● **Task**:
Every line below between the line holding "use std::marker::Model;" and the line holding "impl<T, const N: usize>", inclusive, should be repeated exactly, and all other lines omitted.

[Saved data entries]

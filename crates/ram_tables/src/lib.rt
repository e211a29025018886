// The tables of the volume in memory: its nodes with their entries, and its open handles.
#![tactic(auto)]

mod handles;
mod lookups;
mod names;
mod nodes;
mod rows;
mod table;
mod tables;
mod walks;

pub use names::{DOT, is_dots, is_name};
pub use rows::{EnterError, Entered, Led, Listed, Row};
pub use tables::{HandleTable, NodeTable, ROOT};
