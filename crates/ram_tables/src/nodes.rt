// How the nodes' rows change.
ghost use Rattle.std.specs.Prelude.{◌≡◌, ◌<◌, true, None as Nothing, Decides};
ghost use Rattle.volume.specs.Calls.{nameable};
ghost use Rattle.ram_tables.specs.Tables.{row, count, IsDirectory};
ghost use Rattle.ram_tables.specs.Meaning.{rows_of};
ghost use Rattle.ram_tables.specs.Lookups.{Finds};
ghost use Rattle.ram_tables.specs.Moves.{RootAlone, Enlarged, Enters, Removes};

use super::names::{NAME_UNITS, is_name, padded};
use super::rows::{EnterError, Entered, Row};
use super::table::Table;
use super::tables::{NodeTable, ROOT};

impl NodeTable {
    // The root alone.
    pub fn new() -> NodeTable
        ensures { RootAlone (rows_of result) }
    {
        let root = Row {
            parent: ROOT,
            name: [0; NAME_UNITS],
            len: 0,
            directory: true,
        };
        let mut rows = Table::new();
        rows.put(ROOT, Some(root));
        NodeTable { rows }
    }

    // Whether a node is there and is a directory.
    pub fn is_directory(&self, n: usize) -> bool
        ensures { Decides result (IsDirectory (rows_of self.now) n) }
    {
        self.row(n).is_some_and(|row| row.directory)
    }

    // Makes a node at a number that has none, of a name that its directory does not have.
    fn make(&mut self, n: usize, d: usize, name: &[u16], directory: bool)
        requires space { count (rows_of self.old) < 64 }
        requires within { n < 64 }
        requires free { row (rows_of self.old) n ≡ Nothing }
        requires dir { IsDirectory (rows_of self.old) d }
        requires absent { Finds (rows_of self.old) d name.now Nothing }
        requires proper { nameable 64 name.now ≡ true }
        ensures { Enlarged (rows_of self.old) d name.now directory n (rows_of self.new) }
    {
        let row = Row {
            parent: d,
            name: padded(name),
            len: name.len(),
            directory,
        };
        self.rows.put(n, Some(row));
    }

    // The node of a name in a directory; where there is none, it is made.
    pub fn enter(&mut self, d: usize, name: &[u16], directory: bool) -> Result<Entered, EnterError>
        ensures { Enters (rows_of self.old) d name.now directory result (rows_of self.new) }
    {
        if !self.is_directory(d) {
            return Err(EnterError::NotADirectory);
        }
        if let Some(n) = self.entry(d, name) {
            return Ok(Entered::Found(n));
        }
        if !is_name(name) {
            return Err(EnterError::BadName);
        }
        let n = self.rows.vacant().ok_or(EnterError::Full)?;
        self.make(n, d, name, directory);
        Ok(Entered::Made(n))
    }

    // Removes a node, and answers whether it did, as a set's remove: it keeps the root and a node that has entries.
    pub fn remove(&mut self, n: usize) -> bool
        ensures { Removes (rows_of self.old) n result (rows_of self.new) }
    {
        if n == ROOT || self.has_entries(n) || self.row(n).is_none() {
            return false;
        }
        self.rows.put(n, None);
        true
    }
}
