// Tables: what stands at each of so many numbers.
ghost use Rattle.std.specs.Prelude.{◌≡◌, ℕ, ◌+◌, ◌<◌, ◌≤◌, true, false, length, Some as Just, None as Nothing, MatchOption, slice_set};
ghost use Rattle.std.specs.Option.{option_copied};
ghost use Rattle.ram_tables.specs.Tables.{row, count, Says, FirstThat};

use std::marker::Model;

// A row for each number below N, and nothing past them.
#[derive(Drop)]
pub(super) struct Table<T, const N: usize> {
    rows: [Option<T>; N],
}

// A contract sees the rows alone, as a list.
impl<T, const N: usize> Model for Table<T, N> {
    ghost use Rattle.std.specs.Prelude.{◌≡◌, List, Option, length};
    ghost use Rattle.std.specs.Coded.{coded_list, coded_option};

    ghost Value = { List (Option T) };

    ghost coded = { coded_list (coded_option T.code) };

    ghost view = { λ t. t.rows };

    ghost invariant = { λ t. length t.rows ≡ N };
}

impl<T: Drop, const N: usize> Table<T, N> {
    // No row is taken.
    pub(super) fn new() -> Self
        ensures free { (k : ℕ) → row result k ≡ Nothing }
        ensures long { length result ≡ N }
    {
        Table {
            rows: Default::default(),
        }
    }

    // What stands at a number.
    pub(super) fn row(&self, n: usize) -> Option<&T>
        ensures { option_copied result ≡ row self.now n }
    {
        self.rows.get(n)?.as_ref()
    }

    // Takes a row or frees it; past the table there is none.
    pub(super) fn put(&mut self, n: usize, value: Option<T>)
        ensures { self.new ≡ slice_set self.old n value }
    {
        if n < N {
            self.rows[n] = value;
        }
    }

    // The first row that is free.
    pub(super) fn vacant(&self) -> Option<usize>
        ensures { MatchOption result (N ≤ count self.now) (λ k. (k < N) × (row self.now k ≡ Nothing) × (count self.now < N)) }
    {
        self.rows.iter().position(|row| row.is_none())
    }

    // The first number from `first` on whose row passes a test. The rows before it are not looked at.
    pub(super) fn find<F: Fn(usize, &T) -> bool>(&self, first: usize, test: F) -> Option<usize>
        requires { F.IsAlwaysCallable test }
        ensures { FirstThat self.now (λ n x. (first ≤ n) × Says F.Fn test n x true) (λ n x. first ≤ n → Says F.Fn test n x false) result }
    {
        let start = first.min(N);
        let rows = &self.rows[..];
        for (k, row) in rows[start..].iter().enumerate() {
            let Some(row) = row else {
                continue;
            };
            let n = start + k;
            if test(n, row) {
                return Some(n);
            }
        }
        None
    }
}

● **Answer box**:
use std::marker::Model;

// A row for each number below N, and nothing past them.
#[derive(Drop)]
pub(super) struct Table<T, const N: usize> {
    rows: [Option<T>; N],
}

// A contract sees the rows alone, as a list.
impl<T, const N: usize> Model for Table<T, N> {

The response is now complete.